Plot 2 — Average Rating by Genre

books %>%
  filter(!is.na(genre)) %>%  # ensure missing genres don't break plot
  mutate(genre = factor(genre)) %>%
  ggplot(aes(x = genre, y = avg_rating, fill = genre)) +
  geom_boxplot() +
  coord_flip() +
  labs(title = "Average Rating by Genre",
       x = "Genre", y = "Average Rating (1–5 Stars)")

Analysis:
I plotted rating distributions using a grouped boxplot by genre to compare variation in average ratings across categories.

Interpretation:
Genres such as philosophy and science are very well reviewed, while many others either have too large a range of reviews to give meaningful insight or barely any. This is definitely due to this being a sample of the entire 50 pages. This could still be a useful framework.

Plot 3 — Price by Genre

books %>%
  ggplot(aes(x = genre, y = price, fill = genre)) +
  geom_boxplot() +
  coord_flip() +
  labs(title = "Price Distribution by Genre",
       x = "Genre", y = "Price (£)")

Analysis:
I used another grouped boxplot to examine how book prices vary by genre.

Interpretation:
Some genres appear consistently more expensive (science, childrens, fiction) , which are all logically popular genres so that could be a real indicator of genre impacting price. However, it’s still important to keep in mind the limited sample.

Plot 4 — Rating vs Price

books %>%
  ggplot(aes(x = avg_rating, y = price)) +
  geom_jitter(alpha = 0.6) +
  geom_smooth(method = "lm", se = FALSE, color = "red") +
  labs(title = "Relationship Between Rating and Price",
       x = "Average Rating", y = "Price (£)")

`geom_smooth()` using formula = 'y ~ x'

Analysis:
I visualized the relationship between rating and price using a scatterplot with a line of best fit to see if we could visualize a trend between price and rating.

Interpretation:
This tells us there really isn’t a good correlation between price and rating, the line stays almost completely horizontal even with 120 book entries into the data set.

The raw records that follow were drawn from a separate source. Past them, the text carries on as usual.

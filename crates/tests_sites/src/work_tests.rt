//! The work of one site, alone and while it is asked to stop.

ghost use Rattle.std.specs.Prelude.{◌≡◌, ◌<◌, ◌≤◌, length, replicate, IfOk};
ghost use Rattle.text_bytes.specs.Limits.{most_sites};

use crate::sample::{Outcome, bound, code_of, outcomes};
use die_sim::{SimSocket, SocketBox};
use lot_book::{Book, ShareList};
use lot_plan::BoundPlan;
use pattern_mem::{PatternMem, PoolPass};
use std::alloc::Global;
use std::sync::Wait;
use std::test::Fail;
use std::thread::Threads;
use stop_board::{Board, DeskSeat};
use tester_run::site_work;
use tester_types::{By, Items, OpenGate, Verdict};

/// Two dies, of which the first is to be stopped before its first batch.
const PLAN: &[u8] = b"lot,4,1,3,,\nclock,c,,,,\ndie,0,d,inv,,\ndie,0,e,inv,,\nstop,0,d,1,0,\n";

/// Asks site 0 to stop so often.
fn ask_often(board: &Board, desk: &mut DeskSeat, times: u8)
    requires board { desk.old.board ≡ board.now }
    requires site { 0 < desk.old.sites }
    requires asked { desk.old.asked ≡ replicate most_sites 0 }
    ensures board { desk.new.board ≡ desk.old.board }
    ensures sites { desk.new.sites ≡ desk.old.sites }
{
    for _ in 0..times {
        desk.ask(board, 0);
    }
}

/// What the tries of the one site of a plan came to, once the site was asked to stop so often; and how many seats have
/// finished.
fn worked<R: Threads + Wait + Sync>(
    rt: &R,
    alloc: Global,
    mem: &PatternMem,
    pass: PoolPass,
    plan: &BoundPlan,
    asks: u8,
) -> Result<(Vec<Outcome>, u64), Fail>
    requires program { plan.now.program ≡ mem.now.code }
    requires pass { pass ≡ mem.now }
{
    if plan.sites() != 1 {
        return Err("there is one site".into());
    }
    let (book, list) = Book::new(alloc, plan)?;
    let ShareList { closer, shares } = list;
    let (board, mut desk, seats) = Board::new(alloc, 1)?;
    let mut shares = shares.into_vec();
    let Some(mut share) = shares.pop() else {
        return Err("there is a share".into());
    };
    let Some(mut seat) = seats.into_vec().pop() else {
        return Err("there is a seat".into());
    };
    ask_often(&board, &mut desk, asks);
    let mut socket: SocketBox = Box::new(alloc, SimSocket::new(alloc))?;
    site_work(
        rt,
        alloc,
        mem,
        pass,
        plan,
        &book,
        &mut share,
        &board,
        &mut seat,
        &mut socket,
        &OpenGate,
    )?;
    shares.push(share)?;
    let state = book.close(ShareList {
        closer,
        shares: Items::from_vec(shares),
    });
    let list = outcomes(alloc, state.records(0).as_slice())?;
    Ok((list, desk.finished(&board)))
}

/// The same of the plan above.
fn worked_by<R: Threads + Wait + Sync>(
    rt: &R,
    alloc: Global,
    asks: u8,
) -> Result<(Vec<Outcome>, u64), Fail> {
    let code = code_of(alloc)?;
    let plan = bound(alloc, &code, PLAN)?;
    let (mem, passes) = PatternMem::new(alloc, code, 4, 1)?;
    let Some(pass) = passes.into_vec().pop() else {
        return Err("there is a pass".into());
    };
    worked(rt, alloc, &mem, pass, &plan, asks)
}

#[test]
fn a_stop_wins_over_an_order_and_leaves_the_next_die(rt: HostRuntime) -> Result<(), Fail> {
    let (list, finished) = worked_by(&rt, rt.alloc(), 2)?;
    let wanted = [
        (1, 0, 0, Verdict::Stopped(0, By::Desk(2))),
        (1, 10, 0, Verdict::Pass),
    ];
    assert!(rt; list.as_slice() == wanted.as_slice());
    assert!(rt; finished == 1);
    Ok(())
}
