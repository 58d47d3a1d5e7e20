//! The numbers of a code.

ghost use Rattle.std.specs.Prelude.{◌≡◌, ◌≤◌, ◌*◌};
ghost use Rattle.tester_types.specs.Outside.{Prints};
ghost use Rattle.code_listing.specs.Text.{check_text, cycles_among, instrs_among};

use packed_code::Code;
use tester_types::{Piece, Sink, SinkFault, put_each};

/// How many cycles the executives of a code have in all.
pub fn cycle_total(code: &Code) -> u64
    ensures exact { result ≡ cycles_among code.now.execs }
    ensures few { result ≤ 64 * 281474976710656 }
{
    let _conditions = code.signals();
    let mut total = 0;
    for exec in 0..code.execs() {
        total += code.cycles(exec);
    }
    total
}

/// How many instructions they have in all.
fn instr_total(code: &Code) -> u64
    ensures { result ≡ instrs_among code.now.execs }
{
    let _conditions = code.signals();
    let mut total = 0;
    for exec in 0..code.execs() {
        total += u64::from(code.instrs(exec));
    }
    total
}

/// Puts the numbers of a code: of its executives, their cycles, its rows, its instructions, and their pages.
pub fn put_check<K: Sink>(sink: &mut K, code: &Code) -> Result<(), SinkFault>
    ensures { Prints (K.told sink.old) (K.faults sink.old) (check_text code.now) result
        (K.told sink.new) (K.faults sink.new) }
{
    let line = [
        Piece::Text(b"ok execs "),
        Piece::Number(u128::from(code.execs())),
        Piece::Text(b" cycles "),
        Piece::Number(u128::from(cycle_total(code))),
        Piece::Text(b" rows "),
        Piece::Number(u128::from(code.rows())),
        Piece::Text(b" instructions "),
        Piece::Number(u128::from(instr_total(code))),
        Piece::Text(b" pages "),
        Piece::Number(u128::from(code.pages())),
        Piece::Text(b"\n"),
    ];
    put_each(sink, &line)
}
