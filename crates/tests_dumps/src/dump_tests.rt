//! The tape of the first try of a known die at site 2, and what a socket there was told.

ghost use Rattle.std.specs.Prelude.{◌≡◌, ◌≤◌, ◌<◌, false, length, IfOk};
ghost use Rattle.text_bytes.specs.Limits.{most_bytes};
ghost use Rattle.die_sim.specs.Socket.{Told, taping_told};
ghost use Rattle.plan_rows.specs.Rows.{sites_of, dies_at};
ghost use Rattle.site_run.specs.Site.{IsSiteOf};
ghost use Rattle.site_run.specs.Touchdown.{IsIdle};

use bench_net::read;
use die_sim::{Socket, Tape, TapeSocket};
use lot_plan::{BoundPlan, Plan};
use page_code::{Code, load};
use pattern_mem::{PatternMem, PoolPass};
use site_run::Site;
use std::alloc::Global;
use std::sync::{Arc, Wait};
use std::test::Fail;
use vcd_dump::tape_of;

/// A program of the signals A, C and Y: in a table w of 100 ns, A is driven down or up at 0, C falls at 0, rises at 20 ns and
/// falls at 60 ns, and Y is wanted high or low at 40 ns; the rows 0 P H and 1 P L; and an executive of both, each once.
static PROGRAM: &[u8] = &[
    0xD7, 0x53, 0x54, 0x50, 1, 0, 0, 0, 3, 0, 0, 1, 0, b'A', 0, 1, 0, b'C', 1, 1, 0, b'Y', 1, 0, 1,
    0, b'w', 0x00, 0xE1, 0xF5, 0x05, 0, 0, 0, 0, 5, 0, 0, 0, 0, 0, b'0', 1, 0, 0, 0, 0, 0, 0, 0, 0,
    1, 0, 0, b'1', 1, 0, 0, 0, 0, 0, 0, 0, 0, 2, 1, 0, b'P', 3, 0, 0, 0, 0, 0, 0, 0, 0, 1, 0x00,
    0x2D, 0x31, 0x01, 0, 0, 0, 0, 2, 0x00, 0x87, 0x93, 0x03, 0, 0, 0, 0, 1, 2, 0, b'H', 1, 0x00,
    0x5A, 0x62, 0x02, 0, 0, 0, 0, 7, 2, 0, b'L', 1, 0x00, 0x5A, 0x62, 0x02, 0, 0, 0, 0, 6, 2, 0, 0,
    0, b'0', b'P', b'H', b'1', b'P', b'L', 1, 0, 0, 0, 0, 0, 3, 0, 0, 0, 1, 0, 0, 0, 0, 0, 0, 0, 0,
    0, 0, 0, 1, 0, 0, 0, 1, 0, 0, 0, 1, 0, 0, 0, 0, 0, 0, 0, 1, 0, 0, 0, 4, 0, 0, 0, 0, 0, 0, 0, 0,
    0, 0, 0, 0, 0, 0, 0,
];

/// A flip-flop in front of an inverter.
const NET: &[u8] = b"INPUT(A)\nOUTPUT(Y)\nQ = DFF(A)\nY = NOT(Q)\n";

/// A plan with a die at site 2, whose net Q is stuck at 1, so that its try fails.
const PLAN: &[u8] = b"lot,256,1,16,,\nclock,C,,,,\ndie,2,c,dff.bench,,\nfault,2,c,Q,1,\n";

/// The site of that die.
const SITE: u8 = 2;

/// How many drive calls the try has.
const CALLS: usize = 6;

/// The program that these bytes save.
fn code_of(alloc: Global, bytes: &[u8]) -> Result<Code, Fail> {
    match load(alloc, bytes) {
        Ok(code) => Ok(code),
        Err(_) => Err("the bytes are a program".into()),
    }
}

/// The plan of a text with one file, bound to a program and a netlist.
fn bound(alloc: Global, code: &Code, text: &[u8], net: &[u8]) -> Result<BoundPlan, Fail>
    requires text { length text.now ≤ most_bytes }
    requires net { length net.now ≤ most_bytes }
    ensures program { IfOk result (λ plan. plan.program ≡ code.now) }
    ensures site { IfOk result (λ plan. 2 < sites_of plan.rows) }
    ensures die { IfOk result (λ plan. 0 < length (dies_at 2 plan.rows)) }
{
    let Ok(plan) = Plan::read(alloc, text) else {
        return Err("the text is a plan".into());
    };
    if plan.files().len() != 1 {
        return Err("there is one file".into());
    }
    let Ok(net) = read(alloc, net) else {
        return Err("there is a netlist".into());
    };
    let mut nets = Vec::with_capacity(alloc, 1)?;
    nets.push(Arc::new(alloc, net)?)?;
    let Ok(plan) = plan.bind(alloc, code, nets) else {
        return Err("the plan fits".into());
    };
    if plan.sites() <= SITE || plan.dies(SITE) == 0 {
        return Err("the site has a die".into());
    }
    Ok(plan)
}

/// A memory of a program, with a pass.
fn memory_of(alloc: Global, code: Code) -> Result<(PatternMem, PoolPass), Fail>
    ensures code { IfOk result (λ made. made.0.code ≡ code) }
    ensures pass { IfOk result (λ made. made.1 ≡ made.0) }
{
    let (mem, passes) = PatternMem::new(alloc, code, 4, 1)?;
    let Some(pass) = passes.into_vec().pop() else {
        return Err("there is a pass".into());
    };
    Ok((mem, pass))
}

/// A memory of a program, and the site of a plan that is bound to it.
fn started(alloc: Global, code: Code, plan: &BoundPlan) -> Result<(PatternMem, Site), Fail>
    requires program { plan.now.program ≡ code }
    requires site { 2 < sites_of plan.now.rows }
    ensures is { IfOk result (λ made. (told : Told) → IsSiteOf made.0 plan.now told made.1) }
    ensures idle { IfOk result (λ made. IsIdle made.1) }
    ensures spent { IfOk result (λ made. made.1.spent ≡ false) }
{
    let (mem, pass) = memory_of(alloc, code)?;
    let site = Site::start(alloc, &mem, pass, plan, SITE)?;
    Ok((mem, site))
}

/// Runs the first touchdown of a site at a socket.
fn touch<R: Wait>(
    rt: &R,
    mem: &PatternMem,
    plan: &BoundPlan,
    site: &mut Site,
    socket: &mut TapeSocket,
) -> Result<(), Fail>
    requires site { IsSiteOf mem.now plan.now (taping_told socket.old) site.old }
    requires idle { IsIdle site.old }
    requires spent { site.old.spent ≡ false }
{
    if site.done() {
        return Err("there is a die".into());
    }
    let _record = site.touchdown(rt, mem, plan, socket)?;
    Ok(())
}

/// Runs the first touchdown of the site at a socket.
fn run<R: Wait>(
    rt: &R,
    alloc: Global,
    code: Code,
    plan: &BoundPlan,
    socket: &mut TapeSocket,
) -> Result<(), Fail>
    requires program { plan.now.program ≡ code }
    requires site { 2 < sites_of plan.now.rows }
{
    let (mem, mut site) = started(alloc, code, plan)?;
    touch(rt, &mem, plan, &mut site, socket)
}

/// Whether two tapes have the same calls.
fn same_tape(one: &Tape, other: &Tape) -> bool {
    if one.len() != other.len() {
        return false;
    }
    for place in 0..one.len() {
        if one.instant(place) != other.instant(place) || one.drives(place) != other.drives(place) {
            return false;
        }
    }
    true
}

/// The program, and the plan of its lot.
fn planned(alloc: Global) -> Result<(Code, BoundPlan), Fail>
    ensures program { IfOk result (λ made. made.1.program ≡ made.0) }
    ensures site { IfOk result (λ made. 2 < sites_of made.1.rows) }
    ensures die { IfOk result (λ made. 0 < length (dies_at 2 made.1.rows)) }
{
    let code = code_of(alloc, PROGRAM)?;
    let plan = bound(alloc, &code, PLAN, NET)?;
    Ok((code, plan))
}

/// The tape of the first try at the site.
fn taped(alloc: Global, code: &Code, plan: &BoundPlan) -> Result<Tape, Fail>
    requires program { plan.now.program ≡ code.now }
    requires site { 2 < sites_of plan.now.rows }
    requires die { 0 < length (dies_at 2 plan.now.rows) }
{
    match tape_of(alloc, code, plan, SITE) {
        Ok(tape) => Ok(tape),
        Err(_) => Err("the tape isn't too long".into()),
    }
}

/// Whether a socket's tape is this one.
fn is_told(socket: &TapeSocket, tape: &Tape) -> bool {
    match socket.tape() {
        Some(told) => same_tape(told, tape),
        None => false,
    }
}

#[test]
fn a_socket_is_told_the_tape_of_the_first_try(rt: HostRuntime) -> Result<(), Fail> {
    let (code, plan) = planned(rt.alloc())?;
    let tape = taped(rt.alloc(), &code, &plan)?;
    let mut socket = TapeSocket::new(rt.alloc(), 1000)?;
    run(&rt, rt.alloc(), code, &plan, &mut socket)?;
    assert_eq!(rt; tape.len(), CALLS);
    assert!(rt; is_told(&socket, &tape));
    Ok(())
}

Plot 5 — Rating vs Number of Ratings

books %>%
  ggplot(aes(x = avg_rating, y = num_ratings)) +
  geom_jitter(alpha = 0.6, color = "darkgreen") +
  geom_smooth(method = "lm", se = FALSE) +
  labs(title = "Rating vs Number of Ratings (Engagement)",
       x = "Rating", y = "Number of Ratings")

`geom_smooth()` using formula = 'y ~ x'

Analysis:
I plotted rating against number of reviews to evaluate whether higher ratings correlate with greater reader engagement.

Interpretation:
As the previous plot began to suggest, there is no correlation between engagement and the rating of the book.

4. Conclusion

Based on the analysis, there is no strong evidence that genre consistently predicts rating, price, or reader engagement. While some boxplots suggest minor variation across categories, the differences are not substantial enough to indicate a reliable trend. It is also likely that the results are influenced by the limited and uneven sample of available books, which can distort patterns that might appear in a larger dataset. In short, this analysis suggests that genre alone does not meaningfully determine how books are priced or received.